The data:

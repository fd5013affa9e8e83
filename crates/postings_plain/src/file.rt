//! Files of postings, read.

ghost use Rattle.std.specs.Prelude.{◌≡◌, ◌<◌, length, MatchOption, IfSome};
ghost use Rattle.std.specs.List.{AllPairs};
ghost use Rattle.codec_frame.specs.Checking.{IsChecked};
ghost use Rattle.postings_plain.specs.Postings.{HitsFit, IsFileEntry};
ghost use Rattle.postings_plain.specs.Body.{SpellsPostings, IsBefore, HasEntry, HasNoEntry, IsRowCount, postings_wanted, IsPostingsRead};
ghost use Rattle.postings_plain.specs.Reading.{at_place};

use crate::body::row_count;
use crate::find::{find, heading_in};
use crate::format::Format;
use crate::postings::Postings;
use body_forms::{item_at, item_count};
use bytes::Bytes;
use codec_frame::{FileFault, FrameFault, Framed, Want, check};
use nrt_base::{NoMemory, Share};
use std::alloc::Global;
use std::marker::Model;

/// The name of the format in the header.
pub const NAME: &[u8; 11] = b"NrtPostings";

// The frame of a file with this id, in either format.
fn frame_of(bytes: &Bytes, id: &[u8; 16]) -> Result<Framed, FrameFault>
    ensures { IsChecked (postings_wanted id.now) bytes.now result }
{
    let want = Want {
        name: NAME,
        min: u32::from(Format::One.number()),
        max: u32::from(Format::Two.number()),
        id: Some(*id),
        suffix: b"",
    };
    check(bytes.as_slice(), &want)
}

/// The postings of a segment, seen as their format and the list of their entries: each has a field, a term and its hits.
/// Nothing is copied to be read: all is lent from the shared bytes.
#[derive(Debug, Drop)]
pub struct PostFile {
    // The whole file; its body is the bytes from `start` to before `end`.
    bytes: Bytes,
    start: usize,
    end: usize,
    format: Format,
    rows: u64,
}

impl Model for PostFile {
    ghost use Rattle.std.specs.Prelude.{length, ◌≤◌, slice_range};
    ghost use Rattle.postings_plain.specs.Body.{FormattedEntries, in_format, SpellsPostings, IsRowCount};
    ghost use Rattle.postings_plain.specs.Reading.{entries_in};

    ghost Value = { FormattedEntries };

    ghost view = { λ a. in_format a.format (entries_in a.format (slice_range a.bytes a.start a.end)) };

    ghost invariant = { λ a. (a.start ≤ a.end) × (a.end ≤ length a.bytes)
        × SpellsPostings a.format (slice_range a.bytes a.start a.end)
        (entries_in a.format (slice_range a.bytes a.start a.end))
        × IsRowCount (entries_in a.format (slice_range a.bytes a.start a.end)) a.rows };
}

impl PostFile {
    fn body(&self) -> &[u8]
        ensures { SpellsPostings self.now.format result.now self.now.entries }
    {
        &self.bytes.as_slice()[self.start..self.end]
    }

    /// How many rows the postings speak of: one above the greatest row in them.
    pub fn rows(&self) -> u64
        ensures { IsRowCount self.now.entries result }
    {
        self.rows
    }

    /// The format that they are in.
    pub fn format(&self) -> Format
        ensures { result ≡ self.now.format }
    {
        self.format
    }

    /// How many entries there are, each before the next one, by field and by the bytes of the term.
    pub fn terms(&self) -> u32
        ensures count { result ≡ length self.now.entries }
        ensures ascend { AllPairs IsBefore self.now.entries }
    {
        let body = self.body();
        item_count(body)
    }

    /// The entry at a place: its field, its term and its hits.
    pub fn entry(&self, place: u32) -> (u8, &[u8], Postings<'_>)
        requires { place < length self.now.entries }
        ensures value { (result.0, (result.1.now, result.2)) ≡ at_place self.now.entries place }
        ensures fit { IsFileEntry self.now.format (at_place self.now.entries place) }
    {
        let body = self.body();
        let item = item_at(body, place);
        let (field, term) = heading_in(item);
        (field, term, Postings::of_entry(self.format, item))
    }

    /// The hits of a term: of a key where the field is 0, of a word where it is 1. None comes exactly where no row has it.
    pub fn find(&self, field: u8, term: &[u8]) -> Option<Postings<'_>>
        ensures found { MatchOption result (HasNoEntry self.now.entries field term.now)
            (HasEntry self.now.entries field term.now) }
        ensures fit { IfSome result (HitsFit field) }
    {
        let body = self.body();
        let place = find(body, field, term)?;
        Some(Postings::of_entry(self.format, item_at(body, place)))
    }
}

/// The bytes are shared and not copied.
impl Share for PostFile {
    fn share(&self, alloc: Global) -> Result<Self, NoMemory> {
        Ok(PostFile {
            bytes: self.bytes.share(alloc)?,
            start: self.start,
            end: self.end,
            format: self.format,
            rows: self.rows,
        })
    }
}

/// The postings of a file with this id, in either format. It is looked at whole.
pub fn read_postings(bytes: Bytes, id: &[u8; 16]) -> Result<PostFile, FileFault>
    ensures { IsPostingsRead id.now bytes result }
{
    let frame = frame_of(&bytes, id)?;
    let format = Format::of_version(frame.version);
    match row_count(format, &bytes.as_slice()[frame.start..frame.end]) {
        Some(rows) => Ok(PostFile {
            bytes,
            start: frame.start,
            end: frame.end,
            format,
            rows,
        }),
        None => Err(FileFault::Body),
    }
}
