//! Terms: a field and bytes, in the order of the file.

ghost use Rattle.std.specs.Prelude.{◌≡◌, ◌∷◌, ◌<◌, ◌^◌, IfOk, length, nat_eq};
ghost use Rattle.std.proofs.Common.{refl, sym};
ghost use Rattle.std.specs.Cmp.{partial_equiv_from_equiv, partial_order_from_total, partial_order_from_own_ties};
ghost use Rattle.std.specs.Cmp.Lexicographic.{pointwise, slice_cmp, nat_list_eq_equiv, nat_list_cmp_total};
ghost use Rattle.std.specs.Ordering.{nat_cmp, as_partial_cmp};
ghost use Rattle.std.proofs.lemmas.Map.Text.{is_eq-slice_cmp};

use nrt_base::{Key, NoMemory, Word};
use std::alloc::AllocError;
use std::cmp::Ordering;
use std::marker::Model;

// The most bytes of a term.
const LONGEST: usize = 0xffff_ffff;

/// A term, seen as its field and its bytes in one list: 0 and a key, or 1 and a word. It has at least one byte, and
/// fewer than 2^32. The order is that of the file: by field, then by the bytes.
#[derive(Debug, Drop)]
pub struct Term<'a> {
    field: u8,
    bytes: &'a [u8],
}

impl<'a> Model for Term<'a> {
    ghost use Rattle.std.specs.Prelude.{ℕ, List, ◌∷◌, ◌<◌, ◌^◌, length};

    ghost Value = { List ℕ };

    ghost view = { λ term. term.field ∷ term.bytes.now };

    ghost invariant = { λ term. (term.field < 2) × (0 < length term.bytes.now) × (length term.bytes.now < 2 ^ 32) };
}

impl<'a> Term<'a> {
    pub fn of_key(key: &'a Key) -> Term<'a>
        ensures { result ≡ 0 ∷ key.now }
    {
        Term {
            field: 0,
            bytes: key.as_slice(),
        }
    }

    /// A word of 2^32 bytes or more is out of memory.
    pub fn of_word(word: &'a Word) -> Result<Term<'a>, NoMemory>
        ensures { IfOk result (λ term. term ≡ 1 ∷ word.now) }
    {
        let bytes = word.as_slice();
        if bytes.len() > LONGEST {
            return Err(AllocError);
        }
        Ok(Term { field: 1, bytes })
    }

    /// The term of an entry.
    pub fn of_entry(field: u8, bytes: &'a [u8]) -> Term<'a>
        requires field { field < 2 }
        requires some { 0 < length bytes.now }
        requires few { length bytes.now < 2 ^ 32 }
        ensures { result ≡ field ∷ bytes.now }
    {
        Term { field, bytes }
    }

    /// The field and the bytes.
    pub fn parts(&self) -> (u8, &'a [u8])
        ensures both { self.now ≡ result.0 ∷ result.1.now }
        ensures field { result.0 < 2 }
        ensures some { 0 < length result.1.now }
        ensures few { length result.1.now < 2 ^ 32 }
    {
        (self.field, self.bytes)
    }
}

impl<'a> PartialEq for Term<'a> {
    ghost eq = { pointwise nat_eq };

    ghost laws = { partial_equiv_from_equiv nat_list_eq_equiv };

    fn eq(&self, other: &Term<'a>) -> bool {
        self.field == other.field && self.bytes == other.bytes
    }
}

impl<'a> Eq for Term<'a> {
    ghost laws = { nat_list_eq_equiv };
}

impl<'a> PartialOrd for Term<'a> {
    ghost partial_cmp = { as_partial_cmp (slice_cmp nat_cmp) };

    ghost laws = { partial_order_from_own_ties (partial_order_from_total nat_list_cmp_total) (λ a b. sym (is_eq-slice_cmp a b)) };

    fn partial_cmp(&self, other: &Term<'a>) -> Option<Ordering> {
        Some(self.cmp(other))
    }
}

impl<'a> Ord for Term<'a> {
    ghost cmp = { slice_cmp nat_cmp };

    ghost total = { nat_list_cmp_total };

    ghost matches_partial_cmp = { λ a b. refl };

    ghost matches_eq = { λ a b. sym (is_eq-slice_cmp a b) };

    fn cmp(&self, other: &Term<'a>) -> Ordering {
        match self.field.cmp(&other.field) {
            Ordering::Equal => self.bytes.cmp(&other.bytes),
            Ordering::Less => Ordering::Less,
            Ordering::Greater => Ordering::Greater,
        }
    }
}
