//! The rows that have a term, as they are gathered.

ghost use Rattle.std.specs.Prelude.{◌≡◌, ◌↔◌, ◌++◌, ◌∷◌, [], IsTrue, OnOk};
ghost use Rattle.postings_plain.specs.Gathering.{EndsInRow, GainsPlace};

use crate::positions::Positions;
use nrt_base::NoMemory;
use std::alloc::Global;
use std::marker::Model;

/// A row that has a term, and the positions of the term in it.
#[derive(Debug, Drop)]
pub struct RowHit {
    row: u32,
    places: Vec<u32>,
}

impl Model for RowHit {
    ghost use Rattle.std.specs.Prelude.{ℕ, List};

    ghost Value = { ℕ × List ℕ };

    ghost view = { λ hit. (hit.row, hit.places.items) };
}

impl RowHit {
    fn new(alloc: Global, row: u32) -> RowHit
        ensures { result ≡ (row, []) }
    {
        RowHit {
            row,
            places: Vec::new(alloc),
        }
    }

    fn push(&mut self, place: u32) -> Result<(), NoMemory>
        ensures { OnOk result (self.new ≡ (self.old.0, self.old.1 ++ place ∷ [])) }
    {
        self.places.push(place)?;
        Ok(())
    }

    pub fn row(&self) -> u32
        ensures { result ≡ self.now.0 }
    {
        self.row
    }

    pub fn places(&self) -> &[u32]
        ensures { result.now ≡ self.now.1 }
    {
        self.places.as_slice()
    }
}

/// The rows that have a term.
#[derive(Debug, Drop)]
pub struct TermHits {
    hits: Vec<RowHit>,
}

impl Model for TermHits {
    ghost use Rattle.std.specs.Prelude.{ℕ, List};

    ghost Value = { List (ℕ × List ℕ) };

    ghost view = { λ rows. rows.hits.items };
}

impl TermHits {
    pub fn new(alloc: Global) -> TermHits
        ensures { result ≡ [] }
    {
        TermHits {
            hits: Vec::new(alloc),
        }
    }

    pub fn as_slice(&self) -> &[RowHit]
        ensures { result.now ≡ self.now }
    {
        self.hits.as_slice()
    }

    /// Adds a row whose key the term is.
    pub fn push_row(&mut self, alloc: Global, row: u32) -> Result<(), NoMemory>
        ensures { OnOk result (self.new ≡ self.old ++ (row, []) ∷ []) }
    {
        self.hits.push(RowHit::new(alloc, row))?;
        Ok(())
    }

    /// Adds a row, and the positions of the term in it.
    pub fn push_hit(
        &mut self,
        alloc: Global,
        row: u32,
        positions: Positions<'_>,
    ) -> Result<(), NoMemory>
        ensures { OnOk result (self.new ≡ self.old ++ (row, positions.entry) ∷ []) }
    {
        let mut hit = RowHit::new(alloc, row);
        for position in positions {
            hit.push(position)?;
        }
        self.hits.push(hit)?;
        Ok(())
    }

    /// Puts the rows of others at the end.
    pub fn append(&mut self, others: TermHits) -> Result<(), NoMemory>
        ensures { OnOk result (self.new ≡ self.old ++ others) }
    {
        let mut others = others;
        self.hits.append(&mut others.hits)?;
        Ok(())
    }

    /// Adds a place of the term in a row. Rows before are below it, or are this row.
    pub fn push_place(&mut self, alloc: Global, row: u32, place: u32) -> Result<(), NoMemory>
        ensures { OnOk result (GainsPlace self.old row place self.new) }
    {
        if self.ends_in_row(row) {
            let last = self.hits.len() - 1;
            let hit = &mut self.hits[last];
            hit.push(place)?;
        } else {
            let mut hit = RowHit::new(alloc, row);
            hit.push(place)?;
            self.hits.push(hit)?;
        }
        Ok(())
    }

    fn ends_in_row(&self, row: u32) -> bool
        ensures { IsTrue result ↔ EndsInRow self.now row }
    {
        match self.hits.last() {
            Some(hit) => hit.row() == row,
            None => false,
        }
    }
}
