//! The formats of postings.

ghost use Rattle.std.specs.Prelude.{◌≡◌, ◌≤◌};
ghost use Rattle.postings_plain.specs.Postings.{format_number, format_for};

use crate::blocks::BLOCK_ROWS;

/// A format of postings. In the second, many rows of a term stand in blocks, and before them stands a skip entry for each
/// block.
#[derive(Clone, Copy, Debug, PartialEq, Eq)]
pub enum Format {
    One,
    Two,
}

impl Format {
    /// The format of a segment of so many rows: the second exactly where they are more than a block has.
    #[tactic(auto, unfolding(crate::specs::Postings::block_rows))]
    pub fn of_rows(rows: usize) -> Format
        ensures { result ≡ format_for rows }
    {
        if rows > BLOCK_ROWS as usize {
            Format::Two
        } else {
            Format::One
        }
    }

    /// The format of files of this version, where there is one.
    pub(crate) fn of_version(version: u32) -> Format
        ensures { (format : Format) → version ≡ format_number format → result ≡ format }
    {
        if version == 1 {
            Format::One
        } else {
            Format::Two
        }
    }

    /// Its number, which is the version of its files.
    pub fn number(self) -> u8
        ensures value { result ≡ format_number self }
        ensures first { 1 ≤ result }
        ensures last { result ≤ 2 }
    {
        match self {
            Format::One => 1,
            Format::Two => 2,
        }
    }
}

Work task: Output consists of exactly the lines from the one containing "of its files." to the end of the records above, retyped without change and with nothing extra.

Solution below:
    /// Its number, which is the version of its files.
    pub fn number(self) -> u8
        ensures value { result ≡ format_number self }
        ensures first { 1 ≤ result }
        ensures last { result ≤ 2 }
    {
        match self {
            Format::One => 1,
            Format::Two => 2,
        }
    }
}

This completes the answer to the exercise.